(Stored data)
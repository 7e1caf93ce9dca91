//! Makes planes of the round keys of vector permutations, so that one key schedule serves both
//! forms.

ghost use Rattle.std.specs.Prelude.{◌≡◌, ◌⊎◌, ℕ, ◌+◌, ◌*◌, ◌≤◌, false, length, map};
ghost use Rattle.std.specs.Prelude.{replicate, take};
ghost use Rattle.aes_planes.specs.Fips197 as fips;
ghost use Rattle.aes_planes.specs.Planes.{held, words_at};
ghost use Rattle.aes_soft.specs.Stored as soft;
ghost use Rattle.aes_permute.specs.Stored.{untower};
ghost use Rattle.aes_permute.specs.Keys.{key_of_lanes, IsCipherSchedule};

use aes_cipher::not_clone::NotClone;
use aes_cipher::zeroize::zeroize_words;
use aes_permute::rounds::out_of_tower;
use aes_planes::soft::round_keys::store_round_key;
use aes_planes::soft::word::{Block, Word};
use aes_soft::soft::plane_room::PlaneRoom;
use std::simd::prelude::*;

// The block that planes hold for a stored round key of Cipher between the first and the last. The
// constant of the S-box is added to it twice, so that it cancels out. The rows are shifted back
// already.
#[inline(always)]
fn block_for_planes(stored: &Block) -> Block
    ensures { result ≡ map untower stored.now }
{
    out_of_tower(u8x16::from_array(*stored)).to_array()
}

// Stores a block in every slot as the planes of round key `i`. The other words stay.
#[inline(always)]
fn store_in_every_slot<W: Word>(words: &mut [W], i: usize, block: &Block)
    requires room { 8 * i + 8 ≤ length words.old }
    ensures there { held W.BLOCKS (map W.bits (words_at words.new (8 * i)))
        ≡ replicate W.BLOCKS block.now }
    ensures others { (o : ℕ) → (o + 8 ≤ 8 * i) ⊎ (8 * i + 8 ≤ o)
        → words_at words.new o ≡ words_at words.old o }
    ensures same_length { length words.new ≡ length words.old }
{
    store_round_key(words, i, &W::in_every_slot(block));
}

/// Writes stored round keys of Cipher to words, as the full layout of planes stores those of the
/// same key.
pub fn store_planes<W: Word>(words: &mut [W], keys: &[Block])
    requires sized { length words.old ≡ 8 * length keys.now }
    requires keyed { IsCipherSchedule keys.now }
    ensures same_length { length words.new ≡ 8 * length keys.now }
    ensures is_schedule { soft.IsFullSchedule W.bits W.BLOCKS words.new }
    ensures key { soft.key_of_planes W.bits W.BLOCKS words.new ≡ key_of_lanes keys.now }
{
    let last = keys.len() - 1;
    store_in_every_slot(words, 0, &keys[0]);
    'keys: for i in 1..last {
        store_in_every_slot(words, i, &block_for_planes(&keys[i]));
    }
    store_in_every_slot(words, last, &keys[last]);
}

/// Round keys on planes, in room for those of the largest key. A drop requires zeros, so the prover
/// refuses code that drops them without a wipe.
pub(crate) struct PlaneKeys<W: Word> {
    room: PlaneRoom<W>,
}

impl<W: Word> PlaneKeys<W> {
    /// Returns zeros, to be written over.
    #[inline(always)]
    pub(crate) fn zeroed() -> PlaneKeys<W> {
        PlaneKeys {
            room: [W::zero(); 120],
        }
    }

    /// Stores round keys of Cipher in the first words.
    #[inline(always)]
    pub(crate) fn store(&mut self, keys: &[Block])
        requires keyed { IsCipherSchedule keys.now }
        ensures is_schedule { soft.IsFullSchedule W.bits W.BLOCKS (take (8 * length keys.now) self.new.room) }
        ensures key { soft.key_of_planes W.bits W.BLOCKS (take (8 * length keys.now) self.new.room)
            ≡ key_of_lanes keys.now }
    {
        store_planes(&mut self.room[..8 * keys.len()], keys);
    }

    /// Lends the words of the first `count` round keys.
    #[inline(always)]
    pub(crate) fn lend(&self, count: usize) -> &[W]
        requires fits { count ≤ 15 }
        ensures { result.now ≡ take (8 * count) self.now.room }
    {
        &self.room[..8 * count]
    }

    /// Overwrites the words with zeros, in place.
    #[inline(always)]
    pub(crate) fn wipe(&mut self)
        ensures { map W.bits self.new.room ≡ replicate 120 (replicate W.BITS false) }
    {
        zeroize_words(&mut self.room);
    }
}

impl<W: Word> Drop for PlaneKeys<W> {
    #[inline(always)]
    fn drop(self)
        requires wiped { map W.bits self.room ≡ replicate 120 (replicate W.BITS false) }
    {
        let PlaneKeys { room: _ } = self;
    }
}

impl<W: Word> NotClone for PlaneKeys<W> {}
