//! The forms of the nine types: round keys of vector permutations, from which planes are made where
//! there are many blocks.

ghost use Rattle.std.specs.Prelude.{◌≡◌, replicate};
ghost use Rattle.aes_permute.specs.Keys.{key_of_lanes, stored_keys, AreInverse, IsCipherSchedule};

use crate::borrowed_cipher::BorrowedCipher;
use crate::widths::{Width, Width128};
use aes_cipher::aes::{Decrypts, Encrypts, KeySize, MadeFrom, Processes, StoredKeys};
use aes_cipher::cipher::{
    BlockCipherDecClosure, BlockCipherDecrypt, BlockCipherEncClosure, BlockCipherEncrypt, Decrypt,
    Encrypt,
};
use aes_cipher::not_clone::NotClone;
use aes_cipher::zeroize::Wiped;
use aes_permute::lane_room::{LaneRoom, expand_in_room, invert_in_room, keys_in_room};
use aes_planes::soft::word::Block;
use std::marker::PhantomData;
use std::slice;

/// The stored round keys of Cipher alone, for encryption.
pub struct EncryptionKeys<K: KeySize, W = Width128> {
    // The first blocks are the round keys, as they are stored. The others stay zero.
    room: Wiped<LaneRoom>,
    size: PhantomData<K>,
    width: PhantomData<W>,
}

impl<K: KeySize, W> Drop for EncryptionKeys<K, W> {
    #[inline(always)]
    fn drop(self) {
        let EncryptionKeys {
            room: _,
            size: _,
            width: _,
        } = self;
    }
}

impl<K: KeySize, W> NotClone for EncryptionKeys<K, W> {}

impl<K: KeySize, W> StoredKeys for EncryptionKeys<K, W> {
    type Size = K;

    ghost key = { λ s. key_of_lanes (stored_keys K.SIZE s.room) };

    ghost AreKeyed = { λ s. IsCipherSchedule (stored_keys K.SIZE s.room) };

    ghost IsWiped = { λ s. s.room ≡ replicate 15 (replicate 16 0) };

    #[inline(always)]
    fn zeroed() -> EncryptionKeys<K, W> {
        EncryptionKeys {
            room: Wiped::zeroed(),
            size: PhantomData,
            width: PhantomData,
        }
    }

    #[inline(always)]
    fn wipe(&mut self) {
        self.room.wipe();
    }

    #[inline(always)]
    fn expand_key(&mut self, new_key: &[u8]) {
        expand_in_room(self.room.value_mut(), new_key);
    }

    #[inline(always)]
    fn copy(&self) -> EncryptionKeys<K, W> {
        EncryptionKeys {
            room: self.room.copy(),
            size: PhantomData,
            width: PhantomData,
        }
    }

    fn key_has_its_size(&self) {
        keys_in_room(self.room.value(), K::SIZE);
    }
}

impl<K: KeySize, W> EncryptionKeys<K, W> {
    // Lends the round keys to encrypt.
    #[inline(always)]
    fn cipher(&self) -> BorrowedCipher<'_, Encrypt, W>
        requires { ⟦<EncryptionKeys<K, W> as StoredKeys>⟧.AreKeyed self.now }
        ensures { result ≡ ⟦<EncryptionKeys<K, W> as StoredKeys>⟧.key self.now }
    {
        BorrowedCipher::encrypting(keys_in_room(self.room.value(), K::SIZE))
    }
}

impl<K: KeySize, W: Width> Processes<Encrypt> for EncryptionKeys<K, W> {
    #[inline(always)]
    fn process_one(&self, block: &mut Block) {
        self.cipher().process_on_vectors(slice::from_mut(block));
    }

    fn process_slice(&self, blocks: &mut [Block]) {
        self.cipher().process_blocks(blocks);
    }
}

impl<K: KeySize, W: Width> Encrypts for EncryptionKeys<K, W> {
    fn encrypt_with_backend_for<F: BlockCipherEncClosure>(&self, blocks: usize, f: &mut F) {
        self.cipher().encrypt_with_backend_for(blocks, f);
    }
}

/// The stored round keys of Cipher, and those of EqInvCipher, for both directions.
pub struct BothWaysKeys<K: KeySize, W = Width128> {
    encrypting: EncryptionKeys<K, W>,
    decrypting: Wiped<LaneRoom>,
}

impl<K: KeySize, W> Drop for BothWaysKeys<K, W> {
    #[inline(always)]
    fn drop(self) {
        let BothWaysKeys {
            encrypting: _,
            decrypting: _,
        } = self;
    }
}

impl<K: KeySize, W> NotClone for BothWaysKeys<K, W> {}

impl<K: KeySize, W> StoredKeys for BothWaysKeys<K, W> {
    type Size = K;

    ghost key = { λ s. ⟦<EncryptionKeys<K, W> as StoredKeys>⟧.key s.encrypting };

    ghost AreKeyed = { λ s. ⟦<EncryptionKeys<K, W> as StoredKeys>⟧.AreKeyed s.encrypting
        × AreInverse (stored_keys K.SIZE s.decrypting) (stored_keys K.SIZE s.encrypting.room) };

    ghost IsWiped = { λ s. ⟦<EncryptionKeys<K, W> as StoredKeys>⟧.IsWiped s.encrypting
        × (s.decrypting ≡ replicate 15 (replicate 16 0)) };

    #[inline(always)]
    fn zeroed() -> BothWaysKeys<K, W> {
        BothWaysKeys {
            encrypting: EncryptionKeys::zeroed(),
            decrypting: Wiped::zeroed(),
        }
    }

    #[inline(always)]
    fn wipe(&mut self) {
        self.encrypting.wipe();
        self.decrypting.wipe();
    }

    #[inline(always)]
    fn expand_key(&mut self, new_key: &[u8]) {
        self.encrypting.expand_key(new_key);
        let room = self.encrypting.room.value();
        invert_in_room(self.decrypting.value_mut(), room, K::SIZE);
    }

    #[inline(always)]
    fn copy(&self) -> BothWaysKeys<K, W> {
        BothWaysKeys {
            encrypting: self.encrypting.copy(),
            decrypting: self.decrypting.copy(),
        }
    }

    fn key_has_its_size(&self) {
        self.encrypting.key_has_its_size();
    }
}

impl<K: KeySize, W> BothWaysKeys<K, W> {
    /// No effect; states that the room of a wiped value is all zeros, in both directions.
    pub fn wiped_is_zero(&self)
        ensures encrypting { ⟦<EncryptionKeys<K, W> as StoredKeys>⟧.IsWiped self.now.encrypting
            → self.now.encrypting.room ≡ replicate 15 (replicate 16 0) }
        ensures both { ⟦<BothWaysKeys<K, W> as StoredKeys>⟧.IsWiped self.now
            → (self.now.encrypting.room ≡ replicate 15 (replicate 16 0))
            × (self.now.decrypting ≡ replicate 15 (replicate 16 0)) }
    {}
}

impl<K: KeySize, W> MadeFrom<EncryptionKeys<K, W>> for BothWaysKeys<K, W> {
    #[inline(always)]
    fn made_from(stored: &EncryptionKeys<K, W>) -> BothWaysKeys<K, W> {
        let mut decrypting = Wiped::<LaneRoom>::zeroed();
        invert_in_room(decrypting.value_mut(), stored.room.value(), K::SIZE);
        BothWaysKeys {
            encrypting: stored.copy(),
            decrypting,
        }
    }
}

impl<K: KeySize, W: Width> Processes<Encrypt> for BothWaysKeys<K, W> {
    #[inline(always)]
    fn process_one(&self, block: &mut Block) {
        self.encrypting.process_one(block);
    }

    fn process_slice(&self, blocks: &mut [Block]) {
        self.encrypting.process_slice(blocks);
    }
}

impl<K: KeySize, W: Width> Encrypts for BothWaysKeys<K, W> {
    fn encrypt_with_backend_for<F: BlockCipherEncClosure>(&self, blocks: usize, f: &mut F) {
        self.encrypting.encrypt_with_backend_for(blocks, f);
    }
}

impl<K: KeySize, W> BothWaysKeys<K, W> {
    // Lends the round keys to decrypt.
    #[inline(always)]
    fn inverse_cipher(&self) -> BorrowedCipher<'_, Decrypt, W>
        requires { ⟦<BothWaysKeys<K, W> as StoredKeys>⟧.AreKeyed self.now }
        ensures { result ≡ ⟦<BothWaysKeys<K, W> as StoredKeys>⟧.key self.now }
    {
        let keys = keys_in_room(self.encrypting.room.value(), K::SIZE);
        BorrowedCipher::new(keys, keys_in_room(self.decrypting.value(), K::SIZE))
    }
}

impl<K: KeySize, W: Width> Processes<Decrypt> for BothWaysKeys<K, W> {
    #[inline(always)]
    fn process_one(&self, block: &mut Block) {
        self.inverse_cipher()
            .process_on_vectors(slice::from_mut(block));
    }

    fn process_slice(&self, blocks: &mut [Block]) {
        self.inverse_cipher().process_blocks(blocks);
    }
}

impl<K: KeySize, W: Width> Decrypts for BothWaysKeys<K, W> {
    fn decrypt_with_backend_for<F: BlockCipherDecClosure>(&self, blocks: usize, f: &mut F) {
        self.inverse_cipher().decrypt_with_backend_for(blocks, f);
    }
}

What to do. From the line holding "self.inverse_cipher().process_blocks(blocks);" down to the last line of the records above, restate each line exactly as written.

Result for this task.
        self.inverse_cipher().process_blocks(blocks);
    }
}

impl<K: KeySize, W: Width> Decrypts for BothWaysKeys<K, W> {
    fn decrypt_with_backend_for<F: BlockCipherDecClosure>(&self, blocks: usize, f: &mut F) {
        self.inverse_cipher().decrypt_with_backend_for(blocks, f);
    }
}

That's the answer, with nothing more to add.